CoinDCX is an established India-focused exchange.

Key points:

  • CoinDCX supports INR deposits through IMPS, NEFT, and banking integrations.
  • It provides access to spot markets for major cryptocurrencies.
  • Trading fees typically start near 0.1%, similar to global competitors.
  • The platform holds billions in assets under custody, indicating large user adoption.
  • Mobile apps allow direct buying, selling, and portfolio monitoring.

CoinDCX is a good candidate for users seeking a locally focused cryptocurrency exchange.

4.     Kraken

Kraken is known globally for its focus on transparency, security, and institutional-grade infrastructure. It is widely used by traders prioritizing stability.

Key points:

  • Spot trading fees start at around 0.16% maker and 0.26% taker.
  • Kraken supports futures trading alongside spot markets.
  • The exchange publishes proof-of-reserves, improving transparency.
  • It supports over 250 cryptocurrencies.
  • Desktop trading tools include advanced order types and charting.

Kraken appeals to users who want a globally recognized crypto trading platform with strong security controls.

5.     Mudrex

Mudrex focuses more on structured crypto investing than manual trading. Instead of encouraging frequent trades, it helps users build portfolios and monitor performance.

Key points:

  • Mudrex offers both spot trading and portfolio-based investment tools.
  • Trading fees can be as low as 0.12% for spot and 0.03% for futures, depending on tier.
  • INR deposits allow direct participation for Indian users.
  • Portfolio tracking tools show performance over time.
  • The platform emphasizes long-term investment strategies.

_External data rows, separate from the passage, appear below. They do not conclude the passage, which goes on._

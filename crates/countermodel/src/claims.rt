//! Claims.
ghost use Rattle.certificate.specs.View.{claim_of};
ghost use Rattle.exactness.specs.ListedInterpretation.{IsBefore};
ghost use Rattle.countermodel.specs.Members.{IsOwnElement};
ghost use Rattle.countermodel.specs.MemberRows.{AreOwnClaims};
ghost use Rattle.std.specs.Prelude.{AllPairs, IfOk, MatchOption, map, ℕ};

use crate::elements::Elements;
use axioms::{ExprId, Memory, Ontology};
use certificate::Claim;
use facts::Context;
use std::alloc::Global;

/// The element of its own that the expression has, if it is a named class.
fn own_element(ontology: &Ontology, elements: &Elements, class: ExprId) -> Option<u32>
    ensures { MatchOption result ((m : ℕ) → IsOwnElement ontology.now elements.now class.0 m → ⊥) (IsOwnElement ontology.now elements.now class.0) }
{
    if ontology.class_of(class).is_some() {
        elements.element(Context::Expr(class))
    } else {
        None
    }
}

/// A claim for each named class that has an element of its own, there, in order.
pub(crate) fn own_claims(
    alloc: Global,
    ontology: &Ontology,
    elements: &Elements,
) -> Result<Vec<Claim>, Memory>
    requires { AllPairs IsBefore elements.now }
    ensures { IfOk result (λ v. AreOwnClaims ontology.now elements.now (map claim_of v.items)) }
{
    ontology.bounded();
    let mut claims = Vec::new(alloc);
    for number in 0..ontology.expression_count() {
        let class = ExprId(number as u32);
        if let Some(element) = own_element(ontology, elements, class) {
            claims.push(Claim { class, element })?;
        }
    }
    Ok(claims)
}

Mudrex is useful for users who prefer gradual investing over active trading.

What Separates Basic Exchanges from Advanced Trading Platforms

Choosing the right cryptocurrency exchange involves practical considerations:

  • INR support: Platforms that allow direct INR deposits and withdrawals make funding and cashing out simpler.
  • Verification requirements: Most exchanges require PAN-based KYC and identity verification before enabling trading.
  • Fee transparency: Trading fees, spreads, and withdrawal charges should be clearly visible before placing orders.
  • Security features: Two-factor authentication (2FA), login alerts, and withdrawal confirmations help protect accounts.
  • Product availability: Spot trading is useful for beginners, while futures and options support more advanced strategies.
  • Platform accessibility: Reliable crypto trading apps and websites to track prices and manage trades anytime.

Bottom Line

The best crypto exchange in India depends on how traders plan to use crypto. Some users focus on simple investing, while others explore futures, leverage, or automation.

Platforms such as Delta Exchange provide derivatives access and INR settlement, while global exchanges like Binance and Kraken offer extensive asset coverage. Choosing a scalable crypto trading platform early helps avoid unnecessary transfers and operational friction later.

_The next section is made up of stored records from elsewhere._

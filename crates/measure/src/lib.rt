// Kinds of amount. A kind is known by what its values mean: rows of whole numbers that add and compare.
#![tactic(auto)]

ghost use Rattle.std.specs.Prelude.{◌≡◌, ℕ, ◌+◌, ◌≤◌, max, List, [], ◌∷◌, ◌++◌, ℤ, nat_le, refl};
ghost use Rattle.measure.specs.Algebra.{Algebra, Laws, Own, joined};
ghost use Rattle.measure.specs.Cents.{cents, span_of, SpanLeast};
ghost use Rattle.measure.specs.CentsLaws.{cents_laws};
ghost use Rattle.measure.specs.JoinedLaws.{joined_laws, own-joined};

// A kind of amount: what its values mean, and five functions that do exactly what the meaning says.
// Kept: definitions take `algebra`, `row` and `span` one by one, since worked examples compute with them over plain rows.
// The span of a value bounds its size: sums and differences are exact wherever two spans make at most 240.
pub trait Measure: Copy {
    ghost algebra: { Algebra };

    ghost row: { Self → List ℤ };

    ghost span: { Self → ℕ };

    // The value that alters no other.
    fn nothing() -> Self
        ensures exact { row result ≡ algebra.nothing }
        ensures small { span result ≡ 0 };

    // The sum.
    fn plus(self, other: Self) -> Self
        ensures exact { span self + span other ≤ 240 → row result ≡ algebra.plus (row self) (row other) }
        ensures small { span self + span other ≤ 240 → span result ≤ span self + span other };

    // The sum with the reverse of the other.
    fn minus(self, other: Self) -> Self
        ensures exact { span self + span other ≤ 240 → row result ≡ algebra.plus (row self) (algebra.reverse (row other)) }
        ensures small { span self + span other ≤ 240 → span result ≤ span self + span other };

    // Whether this value is not above the other.
    fn not_above(self, other: Self) -> bool
        ensures { result ≡ algebra.not_above (row self) (row other) };

    // Whether a roll or a question may hold the value.
    fn admitted(self) -> bool
        ensures { result ≡ nat_le (span self) 1 };

    ghost lawful: { Laws algebra };

    ghost owned: { (v : Self) → Own algebra (row v) };
}

// An amount of money: a signed number of cents.
#[derive(Clone, Copy)]
pub struct Cents {
    pub value: i64,
}

impl Measure for Cents {
    ghost algebra = { cents };

    ghost row = { λ c. c.value ∷ [] };

    ghost span = { λ c. span_of c.value };

    ghost lawful = { cents_laws };

    ghost owned = { λ c. refl };

    fn nothing() -> Cents {
        Cents { value: 0 }
    }

    fn plus(self, other: Cents) -> Cents {
        Cents {
            value: self.value.saturating_add(other.value),
        }
    }

    fn minus(self, other: Cents) -> Cents {
        Cents {
            value: self.value.saturating_sub(other.value),
        }
    }

    fn not_above(self, other: Cents) -> bool {
        self.value <= other.value
    }

    fn admitted(self) -> bool {
        (-2_000_000_000_000_000..=2_000_000_000_000_000).contains(&self.value)
    }
}

// Two values side by side, added and compared part by part.
#[derive(Clone, Copy)]
pub struct Pair<A, B> {
    pub first: A,
    pub second: B,
}

impl<A: Measure, B: Measure> Measure for Pair<A, B> {
    ghost algebra = { joined A.Measure.algebra B.Measure.algebra };

    ghost row = { λ p. A.Measure.row p.first ++ B.Measure.row p.second };

    ghost span = { λ p. max (A.Measure.span p.first) (B.Measure.span p.second) };

    ghost lawful = { joined_laws A.Measure.lawful B.Measure.lawful };

    ghost owned = { λ v.
        let a = A.Measure in
        let b = B.Measure in
        own-joined a.lawful b.lawful (A.Measure.row v.first) (B.Measure.row v.second) (a.owned v.first) (b.owned v.second) };

    fn nothing() -> Pair<A, B> {
        Pair {
            first: A::nothing(),
            second: B::nothing(),
        }
    }

    #[tactic(auto, using(crate::specs::JoinedLaws::joined_steps))]
    fn plus(self, other: Pair<A, B>) -> Pair<A, B> {
        Pair {
            first: self.first.plus(other.first),
            second: self.second.plus(other.second),
        }
    }

    fn minus(self, other: Pair<A, B>) -> Pair<A, B> {
        Pair {
            first: self.first.minus(other.first),
            second: self.second.minus(other.second),
        }
    }

    fn not_above(self, other: Pair<A, B>) -> bool {
        self.first.not_above(other.first) && self.second.not_above(other.second)
    }

    fn admitted(self) -> bool {
        self.first.admitted() && self.second.admitted()
    }
}

// A band of values: from a low end to a high one, both counted in.
#[derive(Clone, Copy)]
pub struct Band<M> {
    pub low: M,
    pub high: M,
}

// The span of an amount is the least that will do.
pub fn spans_are_least()
    ensures { SpanLeast }
{}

Indian traders can explore the platform further at https://www.delta.exchange

Disclaimer: This article is for educational purposes only and does not constitute financial advice. Please consult a qualified financial advisor before making investment decisions.

FAQs

  1. Can beginners use derivatives trading platforms?

Yes, many exchanges offer simple interfaces for beginners while also providing futures, options, and advanced tools. Users can start with basic trades and gradually explore advanced features without switching platforms.

  1. What makes an exchange suitable long-term?

An exchange should support INR transactions, maintain transparent fees, and provide secure account access. Platforms with advanced trading tools remain useful as experience grows.

  1. Can I withdraw INR from crypto exchanges easily?

Yes, most exchanges allow INR withdrawals to linked bank accounts after completing verification. Processing time depends on the exchange and banking hours.